Abstract
Congestive heart failure (CHF) is gradually becoming more prevalent due to the stressed lifestyles in modern life. Accurate detection with lower computational complexity and lower cost of diagnosis is a challenge to the researchers in this domain. In this work, I have proposed an approach using naive Bayes algorithm with a lesser number of significantly discriminating features for differentiating the CHF subjects from the normal subjects. The small size of feature sets enhances the computational efficiency and the choice of strong features improves the accuracy.
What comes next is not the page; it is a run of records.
//! The predecessors of each block of a function (LangRef, "phi Instruction").
ghost use Rattle.std.specs.Prelude.{◌≡◌, ◌<◌, ◌++◌, ◌∷◌, [], ℕ, Some, get_or, IfOk, OnOk, if◌then◌else◌, length, nat_eq, replicate};
ghost use Rattle.ir_ident.specs.NameMaps.{value_of};
ghost use Rattle.ir_cfg.specs.Reached.{block_successors};
ghost use Rattle.ir_phis.specs.Predecessors.{edges_from, predecessors};

use ir_cfg::successors_of;
use ir_ident::NameMap;
use ir_syntax::Block;
use std::alloc::{AllocError, Global};
use std::marker::Model;

/// Places of blocks. Contracts see a list.
#[derive(Drop)]
pub(crate) struct Places {
    places: Vec<usize>,
}

impl Model for Places {
    ghost use Rattle.std.specs.Prelude.{List, ℕ};

    ghost Value = { List ℕ };

    ghost view = { λ p. p.places.items };
}

impl Places {
    /// No places.
    fn new(alloc: Global) -> Places
        ensures { result ≡ [] }
    {
        Places {
            places: Vec::new(alloc),
        }
    }

    /// Adds a place at the end.
    fn push(&mut self, place: usize) -> Result<(), AllocError>
        ensures { OnOk result (self.new ≡ self.old ++ place ∷ []) }
    {
        self.places.push(place)?;
        Ok(())
    }

    /// The places in order.
    fn as_slice(&self) -> &[usize]
        ensures { result.now ≡ self.now }
    {
        self.places.as_slice()
    }
}

/// The predecessors of each block in order, each as often as its terminator names the block.
pub(crate) fn predecessors(
    alloc: Global,
    places: &NameMap<'_, usize>,
    blocks: &[Block],
) -> Result<Vec<Places>, AllocError>
    ensures sized { IfOk result (λ all. length all.items ≡ length blocks.now) }
    ensures told { IfOk result (λ all. (place : ℕ) → place < length blocks.now → get_or all.items place [] ≡ predecessors (value_of places.now) blocks.now place) }
{
    let mut all = none_of_each(alloc, blocks.len())?;
    for from in 0..blocks.len() {
        push_edges(alloc, &mut all, places, &blocks[from], from)?;
    }
    Ok(all)
}

/// The predecessors of the block at a place.
pub(crate) fn predecessors_at(all: &[Places], place: usize) -> &[usize]
    requires { place < length all.now }
    ensures { result.now ≡ get_or all.now place [] }
{
    all[place].as_slice()
}

/// No predecessors of each of so many blocks.
fn none_of_each(alloc: Global, count: usize) -> Result<Vec<Places>, AllocError>
    ensures { IfOk result (λ all. all.items ≡ replicate count []) }
{
    let mut all = Vec::with_capacity(alloc, count)?;
    for done in 0..count {
        all.push(Places::new(alloc))?;
    }
    Ok(all)
}

/// Adds a block to the predecessors of each of its successors.
fn push_edges(
    alloc: Global,
    all: &mut Vec<Places>,
    places: &NameMap<'_, usize>,
    block: &Block,
    from: usize,
) -> Result<(), AllocError>
    ensures sized { OnOk result (length all.new.items ≡ length all.old.items) }
    ensures told { OnOk result ((place : ℕ) → place < length all.old.items → get_or all.new.items place []
        ≡ get_or all.old.items place [] ++ edges_from place from (block_successors (value_of places.now) (Some block.now))) }
{
    let successors = successors_of(alloc, places, &block.term)?;
    push_to_each(all, successors.as_slice(), from)
}

/// Adds a block to the predecessors of each of these.
fn push_to_each(all: &mut Vec<Places>, successors: &[usize], from: usize) -> Result<(), AllocError>
    ensures sized { OnOk result (length all.new.items ≡ length all.old.items) }
    ensures told { OnOk result ((place : ℕ) → place < length all.old.items → get_or all.new.items place []
        ≡ get_or all.old.items place [] ++ edges_from place from successors.now) }
{
    for to in successors {
        push_to(all, *to, from)?;
    }
    Ok(())
}

/// Adds a block to the predecessors of one.
#[tactic(auto, using(crate::proofs::EdgeLemmas::pushed))]
fn push_to(all: &mut Vec<Places>, to: usize, from: usize) -> Result<(), AllocError>
    ensures sized { OnOk result (length all.new.items ≡ length all.old.items) }
    ensures told { OnOk result ((place : ℕ) → place < length all.old.items → get_or all.new.items place []
        ≡ get_or all.old.items place [] ++ (if nat_eq to place then from ∷ [] else [])) }
{
    if to < all.len() {
        all[to].push(from)?;
    }
    Ok(())
}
The features are chosen on the basis of p-value of the 2-sample t-test performed between the two types of subjects. Using the p-value, 6 features are selected to train, validate and test the classifier. Publicly available benchmark PhysioNet datasets for congestive heart failure patients and normal subjects are used to carry out the experimentation. This approach is able to provide 100% classification accuracy as well as sensitivity and specificity of 100% in identifying CHF patients employing Gaussian naive Bayes algorithm.
Highlights
Congestive heart failure (CHF) is gradually becoming more prevalent due to the stressed lifestyles in modern life
Regression tree (CART), naive Bayes network (NB), random forest (RF), convolutional neural network (CNN), and various fuzzy classifiers are widely used in many works to detect different types of heart diseases [1,2,3,7,8,9,10,11,12,13]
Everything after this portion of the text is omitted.